What the task asks: Report how many lines in the records below hold the word "loaded". Add nothing to the number.

Dataset excerpts:

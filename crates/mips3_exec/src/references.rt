//! Loads, stores and cache operations over any memory system.

ghost use Rattle.std.specs.Prelude.{◌≡◌, ◌<◌, ◌^◌, true};
ghost use Rattle.mips3_table.specs.Instructions.{IsInst};
ghost use Rattle.cp0_exceptions.specs.Causes.{IsRaised};
ghost use Rattle.mips3_exec.specs.declared.talk.StepEnd.TheVariants.{Went, Trapped};
ghost use Rattle.mips3_exec.specs.Accesses.{begins_aligned, is_aligned};
ghost use Rattle.mips3_exec.specs.Effects.{operation_of};
ghost use Rattle.mips3_exec.specs.Processor.{advanced, taken};
ghost use Rattle.mips3_exec.specs.Ranges.{IsAccess, IsSmall, reads, writes};
ghost use Rattle.mips3_exec.specs.Talk.{hold, is_access};
ghost use Rattle.mips3_exec.specs.References as law;

use crate::accesses::is_aligned;
use crate::effects::Touch;
use crate::merging::{loaded, stored};
use crate::processor::Cpu;
use crate::routes::{Route, access_of, address_error, at_address, plain, route_of};
use crate::talk::{Access, MemorySystem, Reply, Request, StepEnd};
use cp0_exceptions::Raised;
use cp0_exceptions::codes::{BUS_DATA, COHERENCY_DATA};
use cp0_regs::registers::TAG_LO;
use mips3_table::Inst;

/// What an instruction wants of memory.
#[derive(Clone, Copy)]
pub struct Reference {
    pub kind: Touch,
    /// The effective address.
    pub va: u32,
    /// The lowest address that is touched.
    pub first: u32,
    /// How many bytes, 1 to 8.
    pub size: u8,
    /// The general register, or the code of a cache operation.
    pub reg: u8,
}

/// Takes an exception, which ends the step.
pub fn trap(cpu: &mut Cpu, what: Raised) -> StepEnd
    requires { IsRaised what }
    ensures end { result ≡ StepEnd.Trapped what.code }
    ensures cpu { cpu.new ≡ taken cpu.old what }
    ensures ticks { cpu.new.ticks ≡ cpu.old.ticks }
{
    cpu.take(&what);
    StepEnd::Trapped(what.code)
}

// The link of a load linked.
fn set_link(cpu: &mut Cpu, kind: Touch, pa: u64)
    requires { pa < 2 ^ 36 }
    ensures linked { cpu.new ≡ law.linked cpu.old kind pa }
    ensures ticks { cpu.new.ticks ≡ cpu.old.ticks }
{
    if let Touch::Link = kind {
        cpu.link.mark(&mut cpu.cp0, pa);
    }
}

// A load whose address leads to a physical one.
#[tactic(auto, unfolding(crate::specs::References::loaded))]
fn load_from<M: MemorySystem>(
    cpu: &mut Cpu,
    memory: &mut M,
    inst: &Inst,
    r: Reference,
    access: Access,
) -> StepEnd
    requires inst { IsInst inst.now }
    requires reg { r.reg < 32 }
    requires reads { reads r.kind ≡ true }
    requires access { IsAccess (operation_of inst.now) r.kind r.va r.first r.size }
    requires asked { is_access access r.size ≡ true }
    ensures end { result ≡ (hold M.ask_gives memory.old (law.load_from cpu.old inst.now r access)).end }
    ensures cpu { cpu.new ≡ (hold M.ask_gives memory.old (law.load_from cpu.old inst.now r access)).cpu }
    ensures memory { memory.new ≡ (hold M.ask_gives memory.old (law.load_from cpu.old inst.now r access)).memory }
    ensures ticks { cpu.new.ticks ≡ cpu.old.ticks }
{
    match memory.ask(Request::Load {
        access,
        size: r.size,
    }) {
        Reply::Value(bytes) => {
            let value = loaded(inst, cpu.regs.read(r.reg), r.va, bytes);
            set_link(cpu, r.kind, access.pa);
            cpu.set(r.reg, value);
            StepEnd::Went
        }
        Reply::Coherency => trap(cpu, at_address(COHERENCY_DATA, r.va)),
        Reply::BusError => trap(cpu, plain(BUS_DATA)),
        _ => unreachable!(),
    }
}

// A load.
#[tactic(auto, unfolding(crate::specs::References::load))]
fn load<M: MemorySystem>(cpu: &mut Cpu, memory: &mut M, inst: &Inst, r: Reference) -> StepEnd
    requires inst { IsInst inst.now }
    requires reg { r.reg < 32 }
    requires reads { reads r.kind ≡ true }
    requires access { IsAccess (operation_of inst.now) r.kind r.va r.first r.size }
    requires small { IsSmall (operation_of inst.now) r.va r.first r.size }
    requires aligned { is_aligned (operation_of inst.now) r.va ≡ begins_aligned r.first r.size }
    ensures end { result ≡ (hold M.ask_gives memory.old (law.load cpu.old inst.now r)).end }
    ensures cpu { cpu.new ≡ (hold M.ask_gives memory.old (law.load cpu.old inst.now r)).cpu }
    ensures memory { memory.new ≡ (hold M.ask_gives memory.old (law.load cpu.old inst.now r)).memory }
    ensures ticks { cpu.new.ticks ≡ cpu.old.ticks }
{
    if !is_aligned(r.first, r.size) {
        return trap(cpu, address_error(false, r.va));
    }
    match route_of(cpu, false, r.first, r.va) {
        Route::Fault(what) => trap(cpu, what),
        Route::To { pa, cached } => {
            let access = access_of(cpu, r.first, pa, cached);
            load_from(cpu, memory, inst, r, access)
        }
    }
}

// The success of a store conditional.
fn set_success(cpu: &mut Cpu, kind: Touch, reg: u8)
    requires { reg < 32 }
    ensures success { cpu.new ≡ law.succeeded cpu.old kind reg }
    ensures ticks { cpu.new.ticks ≡ cpu.old.ticks }
{
    if let Touch::Cond = kind {
        cpu.regs.write(reg, 1);
    }
}

// Whether a store conditional finds no link.
fn gives_up(cpu: &Cpu, kind: Touch) -> bool
    ensures gives_up { result ≡ law.gives_up cpu.now kind }
{
    match kind {
        Touch::Cond => !cpu.link.may_store(),
        _ => false,
    }
}

// Ends a store that was made.
fn succeed(cpu: &mut Cpu, r: Reference) -> StepEnd
    requires { r.reg < 32 }
    ensures end { result ≡ StepEnd.Went }
    ensures cpu { cpu.new ≡ advanced (law.succeeded cpu.old r.kind r.reg) }
    ensures ticks { cpu.new.ticks ≡ cpu.old.ticks }
{
    set_success(cpu, r.kind, r.reg);
    cpu.advance();
    StepEnd::Went
}

// A store whose address leads to a physical one.
#[tactic(auto, unfolding(crate::specs::References::stored))]
fn store_to<M: MemorySystem>(
    cpu: &mut Cpu,
    memory: &mut M,
    inst: &Inst,
    r: Reference,
    access: Access,
) -> StepEnd
    requires inst { IsInst inst.now }
    requires reg { r.reg < 32 }
    requires writes { writes r.kind ≡ true }
    requires access { IsAccess (operation_of inst.now) r.kind r.va r.first r.size }
    requires asked { is_access access r.size ≡ true }
    ensures end { result ≡ (hold M.ask_gives memory.old (law.store_to cpu.old inst.now r access)).end }
    ensures cpu { cpu.new ≡ (hold M.ask_gives memory.old (law.store_to cpu.old inst.now r access)).cpu }
    ensures memory { memory.new ≡ (hold M.ask_gives memory.old (law.store_to cpu.old inst.now r access)).memory }
    ensures ticks { cpu.new.ticks ≡ cpu.old.ticks }
{
    let value = stored(inst, cpu.regs.read(r.reg), r.va);
    match memory.ask(Request::Store {
        access,
        size: r.size,
        value,
    }) {
        Reply::Stored => succeed(cpu, r),
        Reply::Halt(code) => {
            cpu.halt = Some(code);
            succeed(cpu, r)
        }
        Reply::Coherency => trap(cpu, at_address(COHERENCY_DATA, r.va)),
        Reply::BusError => trap(cpu, plain(BUS_DATA)),
        _ => unreachable!(),
    }
}

// A store.
#[tactic(auto, unfolding(crate::specs::References::store))]
fn store<M: MemorySystem>(cpu: &mut Cpu, memory: &mut M, inst: &Inst, r: Reference) -> StepEnd
    requires inst { IsInst inst.now }
    requires reg { r.reg < 32 }
    requires writes { writes r.kind ≡ true }
    requires access { IsAccess (operation_of inst.now) r.kind r.va r.first r.size }
    requires small { IsSmall (operation_of inst.now) r.va r.first r.size }
    requires aligned { is_aligned (operation_of inst.now) r.va ≡ begins_aligned r.first r.size }
    ensures end { result ≡ (hold M.ask_gives memory.old (law.store cpu.old inst.now r)).end }
    ensures cpu { cpu.new ≡ (hold M.ask_gives memory.old (law.store cpu.old inst.now r)).cpu }
    ensures memory { memory.new ≡ (hold M.ask_gives memory.old (law.store cpu.old inst.now r)).memory }
    ensures ticks { cpu.new.ticks ≡ cpu.old.ticks }
{
    if !is_aligned(r.first, r.size) {
        return trap(cpu, address_error(true, r.va));
    }
    match route_of(cpu, true, r.first, r.va) {
        Route::Fault(what) => trap(cpu, what),
        Route::To { pa, cached } => {
            if gives_up(cpu, r.kind) {
                cpu.set(r.reg, 0);
                return StepEnd::Went;
            }
            let access = access_of(cpu, r.first, pa, cached);
            store_to(cpu, memory, inst, r, access)
        }
    }
}

// A cache operation.
#[tactic(auto, using(crate::proofs::System::tag_lo_fits), unfolding(crate::specs::References::operate, crate::specs::References::operated))]
fn operate<M: MemorySystem>(cpu: &mut Cpu, memory: &mut M, r: Reference) -> StepEnd
    requires code { r.reg < 32 }
    ensures end { result ≡ (hold M.ask_gives memory.old (law.operate cpu.old r)).end }
    ensures cpu { cpu.new ≡ (hold M.ask_gives memory.old (law.operate cpu.old r)).cpu }
    ensures memory { memory.new ≡ (hold M.ask_gives memory.old (law.operate cpu.old r)).memory }
    ensures ticks { cpu.new.ticks ≡ cpu.old.ticks }
{
    match route_of(cpu, false, r.va, r.va) {
        Route::Fault(what) => trap(cpu, what),
        Route::To { pa, cached } => {
            let access = access_of(cpu, r.va, pa, cached);
            let tag = cpu.cp0.read(TAG_LO);
            match memory.ask(Request::Cache {
                access,
                code: r.reg,
                tag,
            }) {
                Reply::Tag(tag) => {
                    cpu.cp0.set(TAG_LO, tag);
                    cpu.advance();
                    StepEnd::Went
                }
                _ => unreachable!(),
            }
        }
    }
}

/// Carries out what an instruction wants of memory.
pub fn refer<M: MemorySystem>(cpu: &mut Cpu, memory: &mut M, inst: &Inst, r: Reference) -> StepEnd
    requires inst { IsInst inst.now }
    requires reg { r.reg < 32 }
    requires access { IsAccess (operation_of inst.now) r.kind r.va r.first r.size }
    requires small { IsSmall (operation_of inst.now) r.va r.first r.size }
    requires aligned { is_aligned (operation_of inst.now) r.va ≡ begins_aligned r.first r.size }
    ensures end { result ≡ (hold M.ask_gives memory.old (law.refer cpu.old inst.now r)).end }
    ensures cpu { cpu.new ≡ (hold M.ask_gives memory.old (law.refer cpu.old inst.now r)).cpu }
    ensures memory { memory.new ≡ (hold M.ask_gives memory.old (law.refer cpu.old inst.now r)).memory }
    ensures ticks { cpu.new.ticks ≡ cpu.old.ticks }
{
    match r.kind {
        Touch::Load | Touch::Link => load(cpu, memory, inst, r),
        Touch::Store | Touch::Cond => store(cpu, memory, inst, r),
        Touch::Cache => operate(cpu, memory, r),
    }
}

Exercise response: 3